Seguidamente he hecho "env-update" (por manía más que nada) y he probado a compilar el nasm, todo ha ido bien sin errores. Compilado correctamente. Antes habia hecho correr algunos scripts sobre libtools,etc. con poco éxito; Al parecer el problema era algo de toolchain referente a las binutils que es una de las cosas que actualicé antes de tener el problema.

Imagino que habrá una manera mejor de solucionar estos pequeños bugs, y de hacerlo de una manera más profesional editando ciertos ficheros y demás en lugar de crear un symlink (que ya me ha ayudado a solucionar otros problemas derivados de actualizar GCC). Sería buena idea conocer estas otras formas.

En cualquier caso espero que esto pueda ayudar, por supuesto agradecer vuestra ayuda.

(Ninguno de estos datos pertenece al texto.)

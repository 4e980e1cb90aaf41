//! Variables that are looked up by name, or gone through in order.
ghost use Rattle.std.specs.Prelude.{◌≡◌, List, false, length, is_some, slice_get};
ghost use Rattle.std.specs.Option.{option_map, option_copied};
ghost use Rattle.envimage.specs.Data.{Pair, data_fault, pairs_of};
ghost use Rattle.envtools.specs.Environment.{value_of, env_of};

use crate::draft::Draft;
use crate::env::Env;
use crate::list::VariableList;
use envimage::entries;

/// Variables that can be looked up by name.
pub(crate) trait Lookup {
    /// The variables in order.
    ghost pairs: { Self → List Pair };

    /// The value of a variable.
    fn get(&self, name: &[u8]) -> Option<&[u8]>
        ensures { option_copied result ≡ value_of (pairs self.now) name.now };
}

/// Variables that can be gone through in order.
pub(crate) trait Variables {
    /// The variables in order.
    ghost pairs: { Self → List Pair };

    /// How many variables there are.
    fn len(&self) -> usize
        ensures { result ≡ length (pairs self.now) };

    /// The variable at a place.
    fn pair(&self, at: usize) -> Option<(&[u8], &[u8])>
        ensures { option_map (λ p. (p.0.now, p.1.now)) result ≡ slice_get (pairs self.now) at };
}

impl Lookup for Env {
    ghost pairs = { λ env. env };

    fn get(&self, name: &[u8]) -> Option<&[u8]> {
        Env::get(self, name)
    }
}

impl Variables for Env {
    ghost pairs = { λ env. env };

    fn len(&self) -> usize {
        Env::len(self)
    }

    fn pair(&self, at: usize) -> Option<(&[u8], &[u8])> {
        Env::pair(self, at)
    }
}

/// An image's data, which has no fault. Looking up a name reads all of it, and takes no memory.
#[derive(Drop)]
pub(crate) struct Body<'a> {
    pub(crate) bytes: &'a [u8],
    pub ghost faultless: { is_some (data_fault bytes.now) ≡ false },
}

impl Lookup for Body<'_> {
    ghost pairs = { λ body. env_of (pairs_of body.bytes.now) };

    fn get(&self, name: &[u8]) -> Option<&[u8]> {
        let mut found = None;
        for (key, value) in entries(self.bytes) {
            if name == key {
                found = Some(value);
            }
        }
        found
    }
}

impl Lookup for Draft<'_> {
    ghost pairs = { λ draft. draft };

    fn get(&self, name: &[u8]) -> Option<&[u8]> {
        Draft::get(self, name)
    }
}

impl Variables for VariableList<'_> {
    ghost pairs = { λ list. list };

    fn len(&self) -> usize {
        VariableList::len(self)
    }

    fn pair(&self, at: usize) -> Option<(&[u8], &[u8])> {
        VariableList::pair(self, at)
    }
}
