// The program: standard input to lines.
#![tactic(auto)]

fn main(rt: HostRuntime) {
    judge_run::run(&rt);
}
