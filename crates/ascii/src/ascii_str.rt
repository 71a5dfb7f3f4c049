//! Views of text that is known to be ASCII: reading, slicing, trimming and comparing them.
//!
//! A view is made by `bytes` and `text`.
//!
//! Made by `bin/docs tables`: the other calls of `AsciiStr` are in `text` (`literal`); `trims`
//! (`trim_matches`, `trim_start_matches`, `trim_end_matches`, `span`); `search` (`find`,
//! `contains`, `starts_with`, `ends_with`, `strip_prefix`, `strip_suffix`, `count`, `position`,
//! `first_not`, `is_all`, `rfind`, `rposition`); `folded_search` (`find_ignore_ascii_case`,
//! `contains_ignore_ascii_case`, `strip_prefix_ignore_ascii_case`); `finder` (`lines_with`);
//! `splits` (`split_once`, `rsplit_once`, `split_once_str`, `rsplit_once_str`, `split_at`);
//! `iter::chars` (`chars`); `iter::split` (`split`, `split_spans`, `split_spans_from`);
//! `iter::split_n` (`splitn`); `iter::backwards` (`rsplit`); `iter::ended` (`split_terminator`,
//! `split_inclusive`); `iter::by_text` (`split_str`, `matches`); `iter::by_class` (`split_by`,
//! `words`, `split_whitespace`, `runs`); `iter::lines` (`lines`, `line_spans`, `line_spans_from`);
//! `copies` (`to_ascii_string`, `to_ascii_uppercase`, `to_ascii_lowercase`, `repeat`, `to_chars`);
//! `replace` (`replace`); `json` (`to_json`).

ghost use Rattle.std.specs.Prelude.{◌≡◌, ◌-◌, ◌<◌, ◌↔◌, [], IsOkAnd, IsTrue, OnErr, Some, codes};
ghost use Rattle.std.specs.Prelude.{length, map, slice_get, slice_index};
ghost use Rattle.std.specs.Str.{IsAscii};
ghost use Rattle.std.specs.Option.{option_map};
ghost use Rattle.std.proofs.Props.{props};
ghost use Rattle.ascii_base.specs.Case.{lower_image};
ghost use Rattle.ascii_base.specs.Class.{IsWhitespace};
ghost use Rattle.ascii_base.specs.Code.{code_of};
ghost use Rattle.ascii_base.specs.Range.{Fits, part_of};
ghost use Rattle.ascii.specs.Trim.{Trims, TrimsEnd, TrimsStart};

use ascii_base::ascii_char::AsciiChar;
use ascii_base::kernels;
use ascii_base::range::AsciiRange;
use std::fmt;

/// A borrowed text whose bytes are all ASCII: a `&str` that can hold nothing else.
///
/// The bytes are checked once, when the view is made, and read without a copy. `==`, the order and
/// the hash are those of the bytes, so the order is lexicographic.
///
/// Its calls do not allocate, except those that return a `Result` with `AllocError`.
#[derive(Clone, Copy, PartialEq, Eq, PartialOrd, Ord, Hash)]
pub struct AsciiStr<'a> {
    pub(crate) bytes: &'a [u8],
    ghost ascii: { IsAscii bytes.now } by { Prim.hlevel props },
}
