//! A pass.

ghost use Rattle.std.specs.Prelude.{◌≡◌, ◌+◌, ◌≤◌, ◌^◌};
ghost use Rattle.hook_engine.specs.Passes.{seen};

use grace_rows::HookSeat;
use reg_words::Reader;
use std::marker::Model;
use total_rows::TotalSeat;

/// The leave to make calls on an engine, as many as are left to it. It is seen as the calls left and made, the
/// last phase that it knows, the writes that it knows, and the lists of what its calls charged, added and read.
#[derive(Drop)]
pub struct Pass {
    pub(crate) reader: Reader,
    pub(crate) hook: HookSeat,
    pub(crate) apps: TotalSeat,
    pub(crate) ifaces: TotalSeat,
    pub(crate) left: u64,
    pub(crate) made: u64,
}

impl Model for Pass {
    ghost use Rattle.hook_engine.specs.Tables.{PassState};

    ghost Value = { PassState };

    ghost use Rattle.hook_engine.specs.PassInside.{pass_state, IsPass};

    ghost view = { pass_state };

    ghost invariant = { IsPass };
}

impl Pass {
    /// The calls that the pass may still make.
    pub fn left(&self) -> u64
        ensures value { result ≡ self.now.has.left }
        ensures few { self.now.has.left + self.now.has.made ≤ 2 ^ 28 }
    {
        self.left
    }

    /// The calls that the pass made.
    pub fn made(&self) -> u64
        ensures value { result ≡ self.now.has.made }
        ensures few { self.now.has.left + self.now.has.made ≤ 2 ^ 28 }
    {
        self.made
    }

    /// The last phase that the pass knows.
    pub fn phase(&self) -> u32
        ensures { result ≡ self.now.has.phase }
    {
        self.hook.phase()
    }

    /// How many writes the pass knows.
    pub fn seen(&self) -> u32
        ensures { result ≡ seen self.now.has }
    {
        self.reader.seen()
    }
}
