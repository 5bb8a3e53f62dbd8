//! Who is told what an engine did, once it is done.

ghost use Rattle.std.specs.Prelude.{Option, None};
ghost use Rattle.hook_engine.specs.Ends.{Told, EndedWhereTold};

use crate::pass::Pass;
use grace_rows::CollectSeat;

/// Who is told, at the end of a replay, what the passes did and what the collector gave. A proof takes one to
/// show that a replay's receipts are those of the engine's tables.
pub trait Tally {
    /// What it was told, where it tells that.
    ghost told: { Self → Option Told };

    /// Appends the pass's charges, its adds to apps' and to interfaces' totals, its reads of the registers, and
    /// the snapshots that the collector's seat gave to what was told. Nothing else changes that.
    fn ended(&mut self, pass: &Pass, collect: &CollectSeat)
        ensures { EndedWhereTold pass.now.has collect.now.snapshots (told self.old) (told self.new) };
}

/// A tally that tells nothing, for a program: the lists are no data of it.
#[derive(Clone, Copy, Debug)]
pub struct NoTally;

impl Tally for NoTally {
    ghost told = { λ _. None };

    fn ended(&mut self, _pass: &Pass, _collect: &CollectSeat) {}
}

SALUDOS y muchas gracias de nuevo.

----------

## kalcetoh

Supongo que tendrás la versión de binutils 2.16 porque querías instalar gcc4, si no es así no veo el porqué lo usas. Yo también lo instalé y me dejaron de funcionar un par de aplicaciones sin razón alguna. Volví a binutils-2.15 y listo.

----------

## jmp_

En general me gusta tener las versiones actualizadas (uso ACCEPT_KEYWORDS ~x86) y si las binutils 2.16 son dependencia de GCC4 (no estoy seguro) pues entonces si, no obstante las he actualizado otras veces sin necesidad de hacerlo para GCC.

saludos

----------